French arrest 10 in suspected jihadi network

PARIS -- The French authorities arrested 10 people Monday in a series of raids aimed at dismantling a recruitment and transportation network for would-be jihadi fighters wanting to reach Syria, government officials said.

The arrests came after ongoing worries in Western Europe that jihadi groups in Syria and Iraq, especially the Islamic State, have grown increasingly effective at attracting foreign-born fighters.

Agnes Thibault-Lecuivre, a spokesman for the Paris prosecutor's office, declined to provide details about the arrests but said they were made on charges of "conspiracy to prepare acts of terrorism."

In a statement congratulating police and intelligence services for the operation, Bernard Cazeneuve, the French interior minister, called the disrupting of jihadi networks an "absolute priority" for police and judicial authorities.

Last month, the Paris prosecutor said that more than 1,100 French citizens had been linked to fighting in Syria or Iraq, including those planning to leave, those in transit, those currently on the ground with jihadi groups or those who had already returned to France.

"There has been a considerable increase of the number of those who leave -- 82 percent since the beginning of 2014," Cazeneuve said.

Thibault-Lecuivre said the Monday raids were conducted in several regions across France but were focused on a network based around the southwestern city of Toulouse. She said that the investigation that led to the arrests was opened in 2013 by judges in Paris.

"A preliminary investigation had been opened at the end of July 2013," Thibault-Lecuivre said, after a father had told the police of his concerns about his son's turn to radical Islam. While she declined to provide details about that family, Thibault-Lecuivre said that the subsequent investigation had helped the police close in on the recruitment network.

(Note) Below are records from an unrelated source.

//! What is set of queues is told.

ghost use Rattle.std.specs.Prelude.{◌≡◌, ◌<◌, ◌-◌, flat_map, slice_get, IsSome, Some};
ghost use Rattle.ynl_model.specs.declared.queues.StopRow.{StopRow};
ghost use Rattle.ynl_inventory.specs.layout.Paths.{HasNumber};
ghost use Rattle.ynl_cluster.specs.Cluster.{label_of, path_of, state_in, IsCell};
ghost use Rattle.ynl_saved.specs.Handing.{Hands};
ghost use Rattle.ynl_saved.specs.Saving.{maxima_lines, maximum_lines, stop_lines};

use ynl_cluster::Cluster;
use ynl_replies::path_of;
use ynl_saved::{LineSink, StateLine};

/// A queue is told, if it is stopped.
fn hand_stop<S: LineSink>(cluster: &Cluster, queue: usize, sink: &mut S) -> Result<(), S::Fault>
    requires below_root { 0 < queue }
    requires there { HasNumber cluster.now.rows.paths queue }
    ensures there { IsSome (slice_get (state_in cluster.now).stops (queue - 1)) }
    ensures told { (row : StopRow)
        → slice_get (state_in cluster.now).stops (queue - 1) ≡ Some row
        → Hands S.gives sink.old (stop_lines row) sink.new result }
{
    if !cluster.is_stopped(queue) {
        return Ok(());
    }
    sink.take(&StateLine::Stopped {
        queue: path_of(cluster, queue),
    })
}

/// The queues are told that are stopped.
pub(crate) fn hand_stops<S: LineSink>(cluster: &Cluster, sink: &mut S) -> Result<(), S::Fault>
    ensures { Hands S.gives sink.old (flat_map stop_lines (state_in cluster.now).stops)
        sink.new result }
{
    // Opens the inventory, whose rows are those of the configuration.
    let _ = cluster.inventory();
    for i in 0..cluster.config().queues().len() {
        hand_stop(cluster, i + 1, sink)?;
    }
    Ok(())
}

/// The maximum of a queue on a partition is told, if it is not the configured one.
fn hand_maximum<S: LineSink>(
    cluster: &Cluster,
    p: u8,
    queue: usize,
    sink: &mut S,
) -> Result<(), S::Fault>
    requires below_root { 0 < queue }
    requires there { IsCell cluster.now p queue }
    ensures { Hands S.gives sink.old (maximum_lines cluster.now.config
        (state_in cluster.now).maxima (path_of cluster.now queue) (label_of cluster.now p))
        sink.new result }
{
    let path = path_of(cluster, queue);
    let label = *cluster.inventory().label(p);
    let maximum = cluster.maximum_share(p, queue);
    if maximum == cluster.config().configured_maximum(path.names(), &label) {
        return Ok(());
    }
    sink.take(&StateLine::Maximum {
        queue: path,
        label,
        maximum,
    })
}

/// The maxima of a queue are told that are not the configured ones.
fn hand_maxima_of<S: LineSink>(
    cluster: &Cluster,
    queue: usize,
    sink: &mut S,
) -> Result<(), S::Fault>
    requires below_root { 0 < queue }
    requires there { HasNumber cluster.now.rows.paths queue }
    ensures { Hands S.gives sink.old (maxima_lines cluster.now.config
        (state_in cluster.now).maxima (path_of cluster.now queue)) sink.new result }
{
    for p in 0..cluster.inventory().partition_count() {
        hand_maximum(cluster, p as u8, queue, sink)?;
    }
    Ok(())
}

/// All maxima are told that are not the configured ones.
pub(crate) fn hand_maxima<S: LineSink>(cluster: &Cluster, sink: &mut S) -> Result<(), S::Fault>
    ensures { Hands S.gives sink.old (flat_map
        (λ row. maxima_lines cluster.now.config (state_in cluster.now).maxima row.path)
        cluster.now.config.queues) sink.new result }
{
    // Opens the inventory, whose rows are those of the configuration.
    let _ = cluster.inventory();
    for i in 0..cluster.config().queues().len() {
        hand_maxima_of(cluster, i + 1, sink)?;
    }
    Ok(())
}
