//! What is told of the rows under a number.

ghost use Rattle.std.specs.Prelude.{◌≡◌, ◌<◌, length, nat_eq, slice_get, IfSome, Some};
ghost use Rattle.std.specs.Map.{lookup};
ghost use Rattle.ynl_resource.specs.Names.{tenant_of};
ghost use Rattle.ynl_slots.specs.Slots.{IsLive};
ghost use Rattle.ynl_tables.specs.declared.apps.asks.Ask.{Ask as AskPart};
ghost use Rattle.ynl_inventory.specs.Rows.{AppRow};
ghost use Rattle.ynl_inventory.specs.Meaning.{app_of, ask_of};
ghost use Rattle.ynl_inventory.specs.Sound.{HasPartition};
ghost use Rattle.ynl_cluster.specs.Cluster.{state_in};
ghost use Rattle.ynl_saved.specs.declared.lines.StateLine.TheVariants.{Ask as AskLine};
ghost use Rattle.ynl_saved.specs.Saving.{live_line, partition_line};

use ynl_cluster::Cluster;
use ynl_model::AskRow;
use ynl_replies::path_of;
use ynl_saved::StateLine;

/// The line of a partition.
pub(crate) fn partition_line(cluster: &Cluster, p: u8) -> StateLine
    requires { HasPartition cluster.now.rows p }
    ensures { IfSome (slice_get (state_in cluster.now).partitions p)
        (λ row. result ≡ partition_line row) }
{
    let inventory = cluster.inventory();
    StateLine::Partition {
        label: *inventory.label(p),
        clock: inventory.clock(p),
    }
}

/// The line of a live application.
pub(crate) fn live_line(cluster: &Cluster, app: u32) -> StateLine
    requires { IsLive app cluster.now.rows.apps }
    ensures { (row : AppRow) → lookup (nat_eq app) cluster.now.rows.apps ≡ Some row
        → result ≡ live_line (app_of cluster.now.rows (app, row)) }
{
    let inventory = cluster.inventory();
    let row = inventory.app(app);
    StateLine::Live {
        queue: path_of(cluster, row.leaf as usize),
        app: *inventory.app_name(app),
        user: *inventory.user_name(row.user),
        label: *inventory.label(row.home),
        master: row.master_size,
    }
}

/// The line of what a live application asks for, in this place among its asks.
pub(crate) fn ask_line(cluster: &Cluster, app: u32, place: usize) -> StateLine
    requires live { IsLive app cluster.now.rows.apps }
    requires there { IfSome (lookup (nat_eq app) cluster.now.rows.apps)
        (λ row. place < length row.asks) }
    ensures { (row : AppRow) (ask : AskPart) → lookup (nat_eq app) cluster.now.rows.apps ≡ Some row
        → slice_get row.asks place ≡ Some ask
        → result ≡ AskLine (tenant_of (app_of cluster.now.rows (app, row)).leaf)
        (app_of cluster.now.rows (app, row)).name (ask_of cluster.now.rows.partitions ask) }
{
    let inventory = cluster.inventory();
    let row = inventory.app(app);
    let ask = &row.asks.as_slice()[place];
    StateLine::Ask {
        tenant: inventory.tenant_name(row.tenant),
        app: *inventory.app_name(app),
        ask: AskRow {
            label: *inventory.label(ask.partition),
            priority: ask.priority,
            count: ask.count,
            size: ask.size,
        },
    }
}
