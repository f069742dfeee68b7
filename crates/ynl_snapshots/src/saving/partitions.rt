//! Partitions and nodes are told.

ghost use Rattle.std.specs.Prelude.{map};
ghost use Rattle.ynl_cluster.specs.Cluster.{state_in};
ghost use Rattle.ynl_saved.specs.declared.lines.StateLine.TheVariants.{Node as NodeLine};
ghost use Rattle.ynl_saved.specs.Handing.{Hands};
ghost use Rattle.ynl_saved.specs.Saving.{partition_line};

use crate::saving::lines::partition_line;
use ynl_cluster::Cluster;
use ynl_replies::node_at;
use ynl_saved::{LineSink, StateLine};

/// All partitions are told.
pub(crate) fn hand_partitions<S: LineSink>(cluster: &Cluster, sink: &mut S) -> Result<(), S::Fault>
    ensures { Hands S.gives sink.old (map partition_line (state_in cluster.now).partitions)
        sink.new result }
{
    for p in 0..cluster.inventory().partition_count() {
        sink.take(&partition_line(cluster, p as u8))?;
    }
    Ok(())
}

/// All nodes are told, in the order of joining.
pub(crate) fn hand_nodes<S: LineSink>(cluster: &Cluster, sink: &mut S) -> Result<(), S::Fault>
    ensures { Hands S.gives sink.old (map NodeLine (state_in cluster.now).nodes) sink.new result }
{
    let inventory = cluster.inventory();
    let mut next = inventory.first_node();
    while let Some(number) = next {
        sink.take(&StateLine::Node(node_at(cluster, number)))?;
        next = inventory.next_node(number);
    }
    Ok(())
}
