//! Containers are told, partition by partition.

ghost use Rattle.std.specs.Prelude.{flat_map, map};
ghost use Rattle.ynl_inventory.specs.Apps.{containers_of};
ghost use Rattle.ynl_inventory.specs.Meaning.{placed_of};
ghost use Rattle.ynl_inventory.specs.Sound.{HasPartition};
ghost use Rattle.ynl_cluster.specs.Cluster.{label_of, state_in};
ghost use Rattle.ynl_saved.specs.declared.lines.StateLine.TheVariants.{Container as ContainerLine};
ghost use Rattle.ynl_saved.specs.Handing.{Hands};

use ynl_cluster::Cluster;
use ynl_saved::{LineSink, StateLine};

/// The containers of a partition are told, in the order of placement.
fn hand_placed<S: LineSink>(cluster: &Cluster, p: u8, sink: &mut S) -> Result<(), S::Fault>
    requires { HasPartition cluster.now.rows p }
    ensures { Hands S.gives sink.old (map ContainerLine
        (map (λ e. placed_of cluster.now.rows (label_of cluster.now p) e.1)
        (containers_of cluster.now.rows p))) sink.new result }
{
    let inventory = cluster.inventory();
    let mut next = inventory.first_container(p);
    while let Some(number) = next {
        sink.take(&StateLine::Container(inventory.placed(p, number)))?;
        next = inventory.next_container(p, number);
    }
    Ok(())
}

/// All containers are told.
pub(crate) fn hand_containers<S: LineSink>(cluster: &Cluster, sink: &mut S) -> Result<(), S::Fault>
    ensures { Hands S.gives sink.old
        (flat_map (λ row. map ContainerLine row.containers) (state_in cluster.now).partitions)
        sink.new result }
{
    for p in 0..cluster.inventory().partition_count() {
        hand_placed(cluster, p as u8, sink)?;
    }
    Ok(())
}
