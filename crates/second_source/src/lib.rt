//! The law that texts of the second form mean what `clight_sem` says of their typed units: `specs/Laws.antt`. All of it is in `specs/`.
#![tactic(auto)]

Speaking to Agence France-Press in Graulhet, a city about 35 miles east of Toulouse, the Moroccan mother of two of the men arrested Monday defended her sons and said they had nothing to do with radical Islam.

The mother, who was not identified, said that her younger son was a forklift operator and that the older one had a "European" lifestyle and worked for the aircraft manufacturer Airbus in Toulouse.

"Those who go to war in order to go to heaven, we know they will end up in hell," she told the news agency. "I did not educate my children that way. The real Koran that I learned about in Morocco does not ask you to go kill people."

France is participating in the U.S.-led airstrikes in Iraq against the Islamic State and has been singled out by the militant organization as a critical enemy. Last month, an Islamic State propaganda video showed three French fighters calling on Muslims in France to carry out attacks on French soil or to join the group's fight in Iraq and Syria.

France also recently adopted legislation that allows the authorities to confiscate passports and identity cards of French citizens suspected of wanting to join jihadi groups abroad.